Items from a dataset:
---+---

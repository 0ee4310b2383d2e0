//! The calls of a disk on a folder in memory. Each fails where it is given how much it keeps.

ghost use Rattle.std.specs.Prelude.{◌≡◌, take, Some, IfOk, IfErr};
ghost use Rattle.wf_disk.specs.Folder.{bytes_in};
ghost use Rattle.wf_disk.specs.Call.{Open, Make, Append, Sync, Rename, SyncNames, Read, IsLeft, error_of};
ghost use Rattle.wf_disk.specs.MemoryDisk.{fault_after};

use crate::fault::DiskFault;
use crate::folder::{MemoryFolder, Name};
use std::alloc::Global;

/// Makes the own file if it is absent. If it fails, it has done so unless nothing is kept.
#[tactic(auto, using(crate::proofs::Failures::open_short))]
pub(crate) fn open(folder: &mut MemoryFolder, kept: Option<usize>) -> Result<(), DiskFault>
    ensures { IsLeft Open folder.old (error_of result) folder.new }
{
    match kept {
        None => folder.open(),
        Some(0) => Err(DiskFault::Device),
        Some(_) => fail_after(folder.open()),
    }
}

/// Makes the second file, or empties it. If it fails, it has done so unless nothing is kept.
pub(crate) fn make(folder: &mut MemoryFolder, kept: Option<usize>) -> Result<(), DiskFault>
    ensures { IsLeft Make folder.old (error_of result) folder.new }
{
    match kept {
        None => {
            folder.make();
            Ok(())
        }
        Some(0) => Err(DiskFault::Device),
        Some(_) => {
            folder.make();
            Err(DiskFault::Device)
        }
    }
}

/// Appends the bytes to a file. If it fails, it has appended the first of them, as many as are
/// kept.
#[tactic(auto, using(crate::proofs::Failures::append_short))]
pub(crate) fn append(
    folder: &mut MemoryFolder,
    name: Name,
    bytes: &[u8],
    kept: Option<usize>,
) -> Result<(), DiskFault>
    ensures { IsLeft (Append name bytes.now) folder.old (error_of result) folder.new }
{
    match kept {
        None => folder.append(name, bytes),
        Some(kept) => fail_after(folder.append(name, first(bytes, kept))),
    }
}

/// Syncs a file. If it fails, the file is doubtful.
pub(crate) fn sync(
    folder: &mut MemoryFolder,
    name: Name,
    kept: Option<usize>,
) -> Result<(), DiskFault>
    ensures left { IsLeft (Sync name) folder.old (error_of result) folder.new }
    ensures device { IfErr result (λ fault. fault ≡ DiskFault.Device) }
{
    match kept {
        None => folder.sync(name),
        Some(_) => {
            folder.doubt(name);
            Err(DiskFault::Device)
        }
    }
}

/// Gives the second file the own name. If it fails, it has done so unless nothing is kept.
#[tactic(auto, using(crate::proofs::Failures::rename_short))]
pub(crate) fn rename(folder: &mut MemoryFolder, kept: Option<usize>) -> Result<(), DiskFault>
    ensures { IsLeft Rename folder.old (error_of result) folder.new }
{
    match kept {
        None => folder.rename(),
        Some(0) => Err(DiskFault::Device),
        Some(_) => fail_after(folder.rename()),
    }
}

/// Syncs the names. If it fails, nothing has changed.
pub(crate) fn sync_names(folder: &mut MemoryFolder, kept: Option<usize>) -> Result<(), DiskFault>
    ensures left { IsLeft SyncNames folder.old (error_of result) folder.new }
    ensures device { IfErr result (λ fault. fault ≡ DiskFault.Device) }
{
    match kept {
        None => {
            folder.sync_names();
            Ok(())
        }
        Some(_) => Err(DiskFault::Device),
    }
}

/// The bytes of the own file.
pub(crate) fn read(
    folder: &MemoryFolder,
    alloc: Global,
    kept: Option<usize>,
) -> Result<Vec<u8>, DiskFault>
    ensures left { IsLeft Read folder.now (error_of result) folder.now }
    ensures ok { IfOk result (λ bytes. bytes.items ≡ bytes_in folder.now.own) }
{
    match kept {
        None => folder.read(alloc),
        Some(_) => Err(DiskFault::Device),
    }
}

/// The error of a call that fails after it has done what it is for, or after it couldn't.
fn fail_after(done: Result<(), DiskFault>) -> Result<(), DiskFault>
    ensures { error_of result ≡ Some (fault_after (error_of done)) }
{
    match done {
        Ok(()) => Err(DiskFault::Device),
        Err(fault) => Err(fault),
    }
}

/// The first bytes, or all of them if there are no more.
fn first(bytes: &[u8], count: usize) -> &[u8]
    ensures { result.now ≡ take count bytes.now }
{
    if count < bytes.len() {
        bytes.split_at(count).0
    } else {
        bytes
    }
}
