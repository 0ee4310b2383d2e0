//! A disk as a tape sees it: one folder with a file under the tape's own name and one under a
//! second name.
//!
//! Model: of each file the bytes that are synced, those after them that aren't, and whether a sync
//! of it has failed; and the files that a power cut may put back under the own name, until the
//! names are synced (`specs/Folder.antt`). Seven calls; what each leaves, where it succeeds and
//! where it fails, is in `specs/Call.antt`.
//!
//! Promises, of a durable disk: a call leaves what those tables say; a power cut inside a call
//! leaves what one before it or after it could. Of every disk: a failure of the device is counted,
//! and returned only if one was. A `MemoryDisk` is proved to be durable, fails at any call for
//! which a failure was set, and is cut to anything that a power cut may leave. Laws: what is synced
//! is there however a process ends, and a second power cut changes nothing.
//!
//! Not here: what a real disk holds (a `SystemDisk` declares itself not durable), and what the
//! bytes are for (wf_tape).
#![tactic(auto)]

mod disk;
mod failure;
mod fault;
mod file;
mod folder;
mod memory;
mod system;
mod theorem;

pub use disk::Disk;
pub use fault::DiskFault;
pub use folder::Name;
pub use memory::MemoryDisk;
pub use system::{FILE_READS, SystemDisk};
pub use theorem::{
    a_memory_disk_is_cut_to_any_image, a_process_ends_in_an_image, a_second_cut_changes_nothing,
    synced_bytes_stay,
};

---+---

What you need to do:
Type out all of the records again, exactly.

Response to the exercise:
repository 0ee4310b2383d2e0
//! The calls of a disk on a folder in memory. Each fails where it is given how much it keeps.

ghost use Rattle.std.specs.Prelude.{◌≡◌, take, Some, IfOk, IfErr};
ghost use Rattle.wf_disk.specs.Folder.{bytes_in};
ghost use Rattle.wf_disk.specs.Call.{Open, Make, Append, Sync, Rename, SyncNames, Read, IsLeft, error_of};
ghost use Rattle.wf_disk.specs.MemoryDisk.{fault_after};

use crate::fault::DiskFault;
use crate::folder::{MemoryFolder, Name};
use std::alloc::Global;

/// Makes the own file if it is absent. If it fails, it has done so unless nothing is kept.
#[tactic(auto, using(crate::proofs::Failures::open_short))]
pub(crate) fn open(folder: &mut MemoryFolder, kept: Option<usize>) -> Result<(), DiskFault>
    ensures { IsLeft Open folder.old (error_of result) folder.new }
{
    match kept {
        None => folder.open(),
        Some(0) => Err(DiskFault::Device),
        Some(_) => fail_after(folder.open()),
    }
}

/// Makes the second file, or empties it. If it fails, it has done so unless nothing is kept.
pub(crate) fn make(folder: &mut MemoryFolder, kept: Option<usize>) -> Result<(), DiskFault>
    ensures { IsLeft Make folder.old (error_of result) folder.new }
{
    match kept {
        None => {
            folder.make();
            Ok(())
        }
        Some(0) => Err(DiskFault::Device),
        Some(_) => {
            folder.make();
            Err(DiskFault::Device)
        }
    }
}

/// Appends the bytes to a file. If it fails, it has appended the first of them, as many as are
/// kept.
#[tactic(auto, using(crate::proofs::Failures::append_short))]
pub(crate) fn append(
    folder: &mut MemoryFolder,
    name: Name,
    bytes: &[u8],
    kept: Option<usize>,
) -> Result<(), DiskFault>
    ensures { IsLeft (Append name bytes.now) folder.old (error_of result) folder.new }
{
    match kept {
        None => folder.append(name, bytes),
        Some(kept) => fail_after(folder.append(name, first(bytes, kept))),
    }
}

/// Syncs a file. If it fails, the file is doubtful.
pub(crate) fn sync(
    folder: &mut MemoryFolder,
    name: Name,
    kept: Option<usize>,
) -> Result<(), DiskFault>
    ensures left { IsLeft (Sync name) folder.old (error_of result) folder.new }
    ensures device { IfErr result (λ fault. fault ≡ DiskFault.Device) }
{
    match kept {
        None => folder.sync(name),
        Some(_) => {
            folder.doubt(name);
            Err(DiskFault::Device)
        }
    }
}

/// Gives the second file the own name. If it fails, it has done so unless nothing is kept.
#[tactic(auto, using(crate::proofs::Failures::rename_short))]
pub(crate) fn rename(folder: &mut MemoryFolder, kept: Option<usize>) -> Result<(), DiskFault>
    ensures { IsLeft Rename folder.old (error_of result) folder.new }
{
    match kept {
        None => folder.rename(),
        Some(0) => Err(DiskFault::Device),
        Some(_) => fail_after(folder.rename()),
    }
}

/// Syncs the names. If it fails, nothing has changed.
pub(crate) fn sync_names(folder: &mut MemoryFolder, kept: Option<usize>) -> Result<(), DiskFault>
    ensures left { IsLeft SyncNames folder.old (error_of result) folder.new }
    ensures device { IfErr result (λ fault. fault ≡ DiskFault.Device) }
{
    match kept {
        None => {
            folder.sync_names();
            Ok(())
        }
        Some(_) => Err(DiskFault::Device),
    }
}

/// The bytes of the own file.
pub(crate) fn read(
    folder: &MemoryFolder,
    alloc: Global,
    kept: Option<usize>,
) -> Result<Vec<u8>, DiskFault>
    ensures left { IsLeft Read folder.now (error_of result) folder.now }
    ensures ok { IfOk result (λ bytes. bytes.items ≡ bytes_in folder.now.own) }
{
    match kept {
        None => folder.read(alloc),
        Some(_) => Err(DiskFault::Device),
    }
}

/// The error of a call that fails after it has done what it is for, or after it couldn't.
fn fail_after(done: Result<(), DiskFault>) -> Result<(), DiskFault>
    ensures { error_of result ≡ Some (fault_after (error_of done)) }
{
    match done {
        Ok(()) => Err(DiskFault::Device),
        Err(fault) => Err(fault),
    }
}

/// The first bytes, or all of them if there are no more.
fn first(bytes: &[u8], count: usize) -> &[u8]
    ensures { result.now ≡ take count bytes.now }
{
    if count < bytes.len() {
        bytes.split_at(count).0
    } else {
        bytes
    }
}
repository 0ee4310b2383d2e0
//! A disk as a tape sees it: one folder with a file under the tape's own name and one under a
//! second name.
//!
//! Model: of each file the bytes that are synced, those after them that aren't, and whether a sync
//! of it has failed; and the files that a power cut may put back under the own name, until the
//! names are synced (`specs/Folder.antt`). Seven calls; what each leaves, where it succeeds and
//! where it fails, is in `specs/Call.antt`.
//!
//! Promises, of a durable disk: a call leaves what those tables say; a power cut inside a call
//! leaves what one before it or after it could. Of every disk: a failure of the device is counted,
//! and returned only if one was. A `MemoryDisk` is proved to be durable, fails at any call for
//! which a failure was set, and is cut to anything that a power cut may leave. Laws: what is synced
//! is there however a process ends, and a second power cut changes nothing.
//!
//! Not here: what a real disk holds (a `SystemDisk` declares itself not durable), and what the
//! bytes are for (wf_tape).
#![tactic(auto)]

mod disk;
mod failure;
mod fault;
mod file;
mod folder;
mod memory;
mod system;
mod theorem;

pub use disk::Disk;
pub use fault::DiskFault;
pub use folder::Name;
pub use memory::MemoryDisk;
pub use system::{FILE_READS, SystemDisk};
pub use theorem::{
    a_memory_disk_is_cut_to_any_image, a_process_ends_in_an_image, a_second_cut_changes_nothing,
    synced_bytes_stay,
};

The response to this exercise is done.